In the vehicle control device 10 of the present embodiment, the first core 111-1 presets default values of communication parameters and stores them in the shared data memory 115. FIG. When resetting occurs due to an unexpected abnormality, the second core 111-2 performs communication based on the default value, thereby enabling communication without waiting for completion of OS initialization. As a result, it is possible to prevent interruption of communication from reset release to completion of OS initialization.

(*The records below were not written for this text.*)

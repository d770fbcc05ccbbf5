//! The values that lowered code defines, in order.

ghost use Rattle.std.specs.Prelude.{◌≡◌, ◌++◌, ◌+◌, ◌<◌, ◌^◌, IfOk, OnOk, length, map};
ghost use Rattle.std.specs.List.{flat_map};
ghost use Rattle.ownership_lowering_model.specs.LoweredBlocks.{args_become, block_becomes, blocks_become};
ghost use Rattle.numbered_form.specs.Insts.{insts_in};
ghost use Rattle.numbered_form.specs.Numbering.{defined_in, value_of, values_of};
ghost use Rattle.ownership_lowering_functions.specs.FunctionLowering.inner.Drafts.{results_told};

use crate::function_lowering::draft::Draft;
use crate::function_lowering::drafting::draft_insts;
use crate::function_lowering::names::is_other_name;
use ownership_kinds_chains::Definition;
use sil_ast::{Block, BlockArg, Exhausted, List, ValueId};
use sil_types::TypeTable;
use std::alloc::Global;

/// Adds the arguments that have names of their own.
fn add_args(
    renamings: &[Definition],
    args: &[BlockArg],
    values: &mut List<ValueId>,
) -> Result<(), Exhausted>
    ensures { OnOk result (values.new ≡ values.old ++ map value_of (args_become renamings.now args.now)) }
{
    for arg in args {
        if !is_other_name(renamings, arg.value) {
            values.push(arg.value)?;
        }
    }
    Ok(())
}

fn add_values(more: &[ValueId], values: &mut List<ValueId>) -> Result<(), Exhausted>
    ensures { OnOk result (values.new ≡ values.old ++ more.now) }
{
    for value in more {
        values.push(*value)?;
    }
    Ok(())
}

/// Adds the results of an instruction.
fn add_results(draft: &Draft<'_>, values: &mut List<ValueId>) -> Result<(), Exhausted>
    ensures { OnOk result (values.new ≡ values.old ++ results_told draft.now) }
{
    match *draft {
        Draft::Kept { inst, .. } => add_values(inst.results.as_slice(), values),
        Draft::Counted { .. } => Ok(()),
        Draft::Loaded { result, .. } => values.push(result),
        Draft::Field { result, .. } => values.push(result),
        Draft::Element { result, .. } => values.push(result),
    }
}

fn add_all_results(drafts: &[Draft<'_>], values: &mut List<ValueId>) -> Result<(), Exhausted>
    ensures { OnOk result (values.new ≡ values.old ++ flat_map results_told drafts.now) }
{
    for draft in drafts {
        add_results(draft, values)?;
    }
    Ok(())
}

/// Adds the values that a block defines in lowered code. The first instruction's spare value has the number `spare`.
fn add_block(
    alloc: Global,
    table: &TypeTable,
    renamings: &[Definition],
    spare: u32,
    block: &Block,
    values: &mut List<ValueId>,
) -> Result<(), Exhausted>
    requires { spare + length block.now.insts < 2 ^ 32 }
    ensures { OnOk result (values.new ≡ values.old ++ defined_in (block_becomes table.now renamings.now spare block.now)) }
{
    add_args(renamings, block.args.as_slice(), values)?;
    let drafts = draft_insts(alloc, table, spare, block.insts.as_slice())?;
    add_all_results(drafts.as_slice(), values)?;
    add_values(block.terminator.results.as_slice(), values)
}

/// The values that blocks define in lowered code, in order. Fails where memory runs out.
pub(crate) fn defined_values(
    alloc: Global,
    table: &TypeTable,
    renamings: &[Definition],
    mut spare: u32,
    blocks: &[Block],
) -> Result<List<ValueId>, Exhausted>
    requires { spare + length (insts_in blocks.now) < 2 ^ 32 }
    ensures { IfOk result (λ values. values ≡ values_of (blocks_become table.now renamings.now spare blocks.now)) }
{
    let mut values = List::with_capacity(alloc, renamings.len())?;
    for block in blocks {
        add_block(alloc, table, renamings, spare, block, &mut values)?;
        spare += block.insts.len() as u32;
    }
    Ok(values)
}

In addition, as a result, it is possible to avoid an abnormality determination from another ECU due to the communication interruption.

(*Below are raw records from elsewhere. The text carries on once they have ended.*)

//! The first function that has a body and no `[ossa]`.

ghost use Rattle.std.specs.Prelude.{◌≡◌, ◌+◌, ◌<◌, ◌^◌, length};
ghost use Rattle.sil_rules.specs.Order.{IsFirst};
ghost use Rattle.type_check.specs.Refusals.{fault_key};
ghost use Rattle.sil_verifier.specs.inner.Lowered.{first_lowered};
ghost use Rattle.sil_verifier_accepted.specs.AcceptedModules.Refusals.{IsLowered};

use sil_ast::{Form, FuncId, Function, Module};
use sil_rules::Rule;
use type_check::TypingFault;

fn first_among(functions: &[Function]) -> Option<TypingFault>
    requires { length functions.now < 2 ^ 32 }
    ensures { result ≡ first_lowered 0 functions.now }
{
    let mut number = 0;
    for function in functions {
        if function.form == Form::Lowered {
            return Some(TypingFault {
                rule: Rule::MixedForms,
                function: Some(FuncId(number)),
                point: None,
                vtable: None,
            });
        }
        number += 1;
    }
    None
}

/// 207 at the first function that has a body and no `[ossa]`.
pub(crate) fn first_lowered(m: &Module) -> Option<TypingFault>
    requires { length m.now.functions < 2 ^ 32 }
    ensures { IsFirst fault_key (IsLowered m.now) result }
{
    first_among(m.functions.as_slice())
}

In this embodiment, the default values of the communication parameters are set by the first core 111-1 in step S411. For example, only the flag is set. may be transmitted to the second core 111-2.

Further, in the above three embodiments, the reset pattern due to power-on (first embodiment), the intended reset pattern (second embodiment), and the reset pattern due to an unexpected abnormality (third embodiment). explained each. For example, if communication data to other ECUs is sent with an identification number or the like for identifying each of the above three patterns, it is possible to clearly inform the other ECUs whether the vehicle control device 10 is normal or abnormal.

Although the embodiments of the present invention have been described in detail above, the present invention is not limited to the above-described embodiments, and various designs can be made without departing from the spirit of the invention described in the claims. Changes can be made.

10 vehicle control device 11 multi-core CPU
12 monitoring IC (monitoring unit)
13 signal 14 reset signal 15 in-

vehicle network

20, 30 ECU
111-1 1st core 111-2 2nd core 111-n nth core 112-1, 112-2, . . . 112-n program memory 113-1, 113-2, . shared data memory 116 bus

Claims

a multi-core CPU having at least a first core and a second core;
a shared data memory configured to be accessible by each core and storing at least communication parameters;
a monitoring unit that monitors the operation of the multi-core CPU and outputs a reset signal to the multi-core CPU;
with
The second core accesses the shared data memory to confirm communication parameters during a period from reset release to completion of OS initialization by the first core, and based on the communication parameters saved in the shared data memory. A vehicle control device, characterized in that it communicates with the outside through a
The shared data memory stores currently used communication parameters before resetting,
2. The vehicle control device according to claim 1, wherein the second core communicates with the outside based on currently used communication parameters stored in the shared data memory.
The vehicle control device according to claim 1 or 2, wherein the shared data memory further stores a program for communication.
The vehicle control device according to claim 1 or 2, wherein the shared data memory further stores a program for interpreting and executing a script.
the shared data memory further stores default values for communication parameters;
The vehicle control device according to any one of claims 1 to 4, wherein when reset due to an unexpected abnormality, said second core communicates with the outside based on said default value.